Kettlebell e recuperação de ombros lesionados – manguito rotador

Distúrbios osteomusculares relacionados ao trabalho das
extremidades superiores ocupa o um dos rankingns mais altos como motivo de afastamento do trabalho e piora na qualidade de vida. Fatores externos, como a postura do ombro e a magnitude da uma carga aplicada, foi mostrado que influencia a ativação relativa dos músculos do ombro (Laursen et al.,; de Groot et al.,; MacDonell e Keir,). Enquanto carga externa e postura ditam a solução de dinâmica inversa bem aceita, eles nem sempre oferecem uma indicação precisa das cargas internas em elementos específicos do complexo do ombro (Laursen et al., 1998).
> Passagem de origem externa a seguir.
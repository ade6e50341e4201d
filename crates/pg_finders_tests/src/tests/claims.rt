//! `zielonka` on worked games and on hostile ones; and what is no subgame.

use crate::tests::games::{Form, formed, game, mask, part, whole};
use pg_dominion::Claim;
use pg_finders::{Inside, Solved, zielonka};
use pg_game::Game;
use pg_test_support::{EVEN, ODD, Row, Vertex, check_eq, twice};
use std::alloc::Global;
use std::process::Abort;

fn rows(claim: &Claim) -> &[Row] {
    claim.rows.as_slice()
}

/// The solution of a part, of which nothing is said.
fn solved_in(rt: &impl Abort, alloc: Global, inside: &Inside) -> Solved {
    twice!(zielonka(alloc, inside)).expect(rt, "memory")
}

fn solved(rt: &impl Abort, alloc: Global, game: &Game) -> Solved {
    let inside = whole(rt, alloc, game);
    solved_in(rt, alloc, &inside)
}

/// A game, the members of its part, and the rows of both claims.
type Case<'a> = (&'a [Vertex<'a>], u32, &'a [Row], &'a [Row]);

/// The claims are the players' and have these rows.
fn assert_rows(rt: &impl Abort, solved: &Solved, case: &Case) {
    check_eq!(*rt; (solved.even.player, rows(&solved.even)), (EVEN, case.2));
    check_eq!(*rt; (solved.odd.player, rows(&solved.odd)), (ODD, case.3));
}

fn assert_case(rt: &impl Abort, alloc: Global, case: &Case) {
    let game = game(rt, alloc, case.0);
    let inside = part(rt, alloc, &game, case.1);
    let solved = solved_in(rt, alloc, &inside);
    assert_rows(rt, &solved, case);
}

/// All vertices of a small game, as the set of its part.
const ALL: u32 = u32::MAX;

const TWO: &[Vertex] = &[(2, EVEN, &[0, 1]), (1, ODD, &[1])];

const CASES: &[Case] = &[
    // each player wins a vertex
    (TWO, ALL, &[(0, Some(0))], &[(1, Some(1))]),
    // parts of a game are solved alone
    (TWO, 0b10, &[], &[(1, Some(1))]),
    (TWO, 0, &[], &[]),
    // the greatest priority takes all through the opponent's vertex
    (
        &[(1, EVEN, &[1]), (2, ODD, &[0, 2]), (3, ODD, &[2])],
        ALL,
        &[],
        &[(0, None), (1, Some(2)), (2, Some(2))],
    ),
];

#[test]
fn worked_games_and_parts_of_games_are_solved_after_a_refusal(rt: HostRuntime) {
    for case in CASES {
        assert_case(&rt, rt.alloc(), case);
    }
}

/// The vertex at which a set is no subgame, and how many members are given back.
fn refusal(rt: &impl Abort, alloc: Global, game: &Game, members: u32) -> Option<(u32, u32)> {
    match Inside::new(game, mask(rt, alloc, game, members)) {
        Ok(_) => None,
        Err((mask, v)) => Some((v, mask.count())),
    }
}

const LED_OUT: &[Vertex] = &[(0, EVEN, &[0]), (0, ODD, &[0]), (1, ODD, &[2])];

#[test]
fn a_vertex_without_successors_inside_is_no_subgame(rt: HostRuntime) {
    let game = game(&rt, rt.alloc(), LED_OUT);
    check_eq!(rt; refusal(&rt, rt.alloc(), &game, 0b10), Some((1, 1)));
}

/// A form, how many vertices there are, and how many each player wins.
const LARGE: &[(Form, u32, usize, usize)] = &[
    // a thousand loops are shared out
    (Form::Loops, 1_000, 500, 500),
    (Form::EvenLoops, 5_000, 5_000, 0),
    // a chain with as many priorities as a game may have is the last vertex's
    (Form::Chain, 1_048_576, 0, 1_048_576),
    // a star with as many levels as a game may have is its first vertex's
    (Form::Star, 1_048_576, 1_048_576, 0),
];

/// Each vertex is chosen at itself.
fn assert_own_choices(rt: &impl Abort, rows: &[Row]) {
    let mut v = 0u32;
    for row in rows {
        check_eq!(*rt; *row, (v, Some(v)));
        v = v.saturating_add(1);
    }
}

fn assert_large(rt: &impl Abort, alloc: Global, form: Form, n: u32, even: usize, odd: usize) {
    let game = formed(rt, alloc, form, n);
    let claims = solved(rt, alloc, &game);
    check_eq!(*rt; (rows(&claims.even).len(), rows(&claims.odd).len()), (even, odd));
    if n == 5_000 {
        assert_own_choices(rt, rows(&claims.even));
    }
}

#[test]
fn games_with_as_many_priorities_as_vertices_are_solved(rt: HostRuntime) {
    for (form, n, even, odd) in LARGE {
        assert_large(&rt, rt.alloc(), *form, *n, *even, *odd);
    }
}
Por exemplo, esforços dinâmicos no ombro com movimento preciso da mão
demonstrou aumentar a atividade muscular do ombro (Sporrong et al.,
1998; Laursen et al., 1998), enquanto A MÃO SEGURANDO foi mostrada
para aumentar a atividade de alguns músculos do ombro e diminuir
a atividade de outros (Sporrong et al.,; Au e Keir, ). Alterações eletromiográficas devido a estes variáveis ​​podem ser consideradas relativamente pequenas (<10%), mas ao se considerar o efeito cumulativo ao longo do curso de um dia, semana ou ano, o efeito pode ser considerável e a diferença entre um trabalhador que desenvolve um distúrbio ou não esta aí (Kumar,).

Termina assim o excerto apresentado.